A great popular and critical success on the fringe-festival circuit, "Channeling Kevin Spacey" recalls Woody Allen's "Play It Again, Sam" in its portrayal of a hapless schnook seeking inspiration in the temple of cinema. Given that the script, by Elan Wolf Farbiarz and Cory Terry, is rooted in middle-class male anxiety and the need for fictional role models, it's a shame the play doesn't cut a little closer to the bone. As it stands, "Channeling Kevin Spacey" is an extended comedy sketch, leaving very little trace of itself behind. Still, it's a frantically amusing showcase for the comedic talents of its two lead actors, and film buffs will have a fine time playing spot-the-reference.

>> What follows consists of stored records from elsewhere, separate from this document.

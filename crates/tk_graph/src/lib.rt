//! The order of a pipeline's tasks. A task's parents are the tasks to whose results it
//! refers and those after which it runs. `order` gives ranks that rise
//! from each parent to its child, or tells the first name that no task has, or the names of a cycle. Ranks exist
//! exactly where no task is its own ancestor. `cycle` tells the names of a cycle also where a name is of no task.
//!
//! From tasks to `names` (an index), `texts` (a task's texts), `references` (the tasks to whose results they refer),
//! `above` (parents), `unknown`, `below` (children), `removal` (ranks), `walk` (the cycle), `ordering`. A task is
//! removed when its cursor has passed all its parents, so no recursion is as deep as a chain. `specs/Results.antt` has
//! the results that texts refer to, `Parents.antt` parents, ancestors and ranks, `Unknown.antt` names of no task,
//! `Cycle.antt` what is left and the cycle there, `Order.antt` what a refusal means.
#![tactic(auto)]

mod above;
mod below;
pub mod laws;
mod names;
mod ordering;
mod references;
mod refusal;
mod removal;
mod texts;
mod unknown;
mod walk;

pub use above::{all_parents, parents};
pub use names::Names;
pub use ordering::{Ranks, cycle, order};
pub use references::task_of;
pub use refusal::OrderError;
pub use texts::{result_tasks, task_texts};
pub use unknown::unknown_name;
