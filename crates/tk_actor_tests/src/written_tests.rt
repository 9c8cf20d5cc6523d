//! What is decided of entries that a file may have, over a journal that `simulate` brings about: whether what is admitted is sound,
//! the names of its TaskRuns, and why a call doesn't go on from it.
ghost use Rattle.tk_journal.specs.Legal.{IsLegal};

use crate::journals::journal_of;
use std::alloc::{AllocError, Global};
use std::test::Fail;
use tk_child_names::add_names;
use tk_journal::{Act, Admission, Entry, Journal};
use tk_lives::{Unfit, find_unfit, greatest_life};
use tk_spec_sound::is_sound;
use tk_spec_sound::laws::sound_can_be_named;
use tk_taken_names::TakenNames;
use tk_types::{Asked, List, TryCopy};

/// A run of a task and of one with a matrix of two combinations, and a TaskRun.
const INPUT: &str = r#"{"apiVersion": "v1", "kind": "List", "items": [
    {"apiVersion": "tekton.dev/v1", "kind": "PipelineRun", "metadata": {"name": "r"}, "spec": {"pipelineSpec": {"tasks": [
        {"name": "a", "taskSpec": {"steps": [{"command": ["true"]}]}},
        {"name": "b", "matrix": {"params": [{"name": "p", "value": ["x", "y"]}]}, "taskSpec": {"params": [{"name": "p"}], "steps": [{"command": ["true"]}]}}]}}},
    {"apiVersion": "tekton.dev/v1", "kind": "TaskRun", "metadata": {"name": "t"}, "spec": {"taskSpec": {"steps": [{"command": ["true"]}]}}}]}"#;

/// How many names the TaskRuns of an admission may have, which are taken then: 0 where it isn't sound or one of them is taken.
fn take_names(
    alloc: Global,
    taken: &mut TakenNames,
    name: &str,
    asked: &Option<Asked>,
    admission: &Admission,
) -> Result<usize, AllocError> {
    if !is_sound(alloc, name, asked, admission)? {
        return Ok(0);
    }
    sound_can_be_named();
    let mut names = List::new(alloc);
    add_names(alloc, &mut names, admission)?;
    if !taken.are_new(alloc, names.as_slice())? {
        return Ok(0);
    }
    taken.add(alloc, names.as_slice())?;
    Ok(names.len())
}

/// The same of an entry, in words: under its own name, once more, and under another name.
fn named(alloc: Global, taken: &mut TakenNames, entry: &Entry) -> Result<String, AllocError> {
    let Act::Admit {
        name,
        spec,
        asked,
        ..
    } = &entry.act
    else {
        return Ok(String::new(alloc));
    };
    let other = take_names(alloc, taken, "other", asked, spec)?;
    let own = take_names(alloc, taken, name.as_str(), asked, spec)?;
    let again = take_names(alloc, taken, name.as_str(), asked, spec)?;
    format!(in alloc; "{} {own} {again} {other};", name.as_str())
}

/// What is told of the entries of a journal.
fn names_of(alloc: Global, journal: &Journal) -> Result<String, AllocError> {
    let mut taken = TakenNames::new(alloc);
    let mut told = String::new(alloc);
    for place in 0..journal.len() {
        let line = named(alloc, &mut taken, journal.entry(place + 1))?;
        told.push_str(line.as_str())?;
    }
    Ok(told)
}

/// The entries of a journal that admit something, and how many there are of these at most.
fn admitted(alloc: Global, journal: &Journal, most: usize) -> Result<List<Entry>, AllocError> {
    let mut given = List::new(alloc);
    for place in 0..journal.len() {
        let entry = journal.entry(place + 1);
        if matches!(&entry.act, Act::Admit { .. }) && given.len() < most {
            given.push(entry.copy(alloc)?)?;
        }
    }
    Ok(given)
}

/// Why a call of so many of the admitted entries on so many nodes doesn't go on from a journal.
fn unfit(alloc: Global, journal: &Journal, most: usize, nodes: u32) -> Result<String, AllocError>
    requires { IsLegal journal.now.history }
{
    let given = admitted(alloc, journal, most)?;
    match find_unfit(alloc, journal, given.as_slice(), nodes)? {
        None => String::from_str(alloc, "fit"),
        Some(Unfit::Differs { position }) => format!(in alloc; "differs {position}"),
        Some(Unfit::Nodes { number }) => format!(in alloc; "nodes {number}"),
    }
}

/// What is told of the input's journal: names, then whether a call goes on.
fn told(alloc: Global) -> Result<String, AllocError> {
    let Some(journal) = journal_of(alloc, INPUT) else {
        return String::from_str(alloc, "refused");
    };
    let names = names_of(alloc, &journal)?;
    let whole = unfit(alloc, &journal, 2, 1)?;
    let fewer = unfit(alloc, &journal, 1, 1)?;
    let life = greatest_life(&journal, 0);
    format!(in alloc;
        "{} {} {} {life}",
        names.as_str(),
        whole.as_str(),
        fewer.as_str()
    )
}

#[test]
fn what_a_file_says_is_decided(rt: HostRuntime) -> Result<(), Fail> {
    assert_eq!(rt;
        told(rt.alloc())?.as_str(),
        "r 3 0 0;t 1 0 0; fit differs 2 1"
    );
    Ok(())
}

In place of Allen's Bogart-worshipping nebbish, we have Charlie (Justin R.G. Holcomb), a beefy everyman with a soulless job and an even more soulless girlfriend. While spending yet another night with a stack of Netflix rentals, he comes to the appalling realization that his life parallels those of the defeated, frustrated characters embodied by Kevin Spacey. To break out of his passive rut, he decides to model his behavior on that of Al Pacino's characters—not the soulful introvert of "Serpico" or "Panic in Needle Park," but the shameless bellower of "Scarface" and "Scent of a Woman," who bulldozes his way into every situation.

Title notwithstanding, the play invokes Kevin Spacey rather vaguely, and Charlie's epiphany is dispensed with a little too quickly. Pacino is the real focus here, and Holcomb parodies the actor's macho excesses in high style. Holcomb's co-star, Jamil Chokachi, plays all the other roles, ranging from an oily pickup artist to Charlie's crush, a sweet female bagel-shop clerk. Slipping in and out of multiple characters with quicksilver speed, Chokachi evokes Frank Gorshin, the great impressionist and comic actor of the '50s and '60s best known for his portrayal of the Riddler on the "Batman" TV series. It's all there: the blade-thin androgyny, the facility with voices, the unnerving leer. He suggests a manic, possibly poisonous lizard, and I mean that in the best possible way.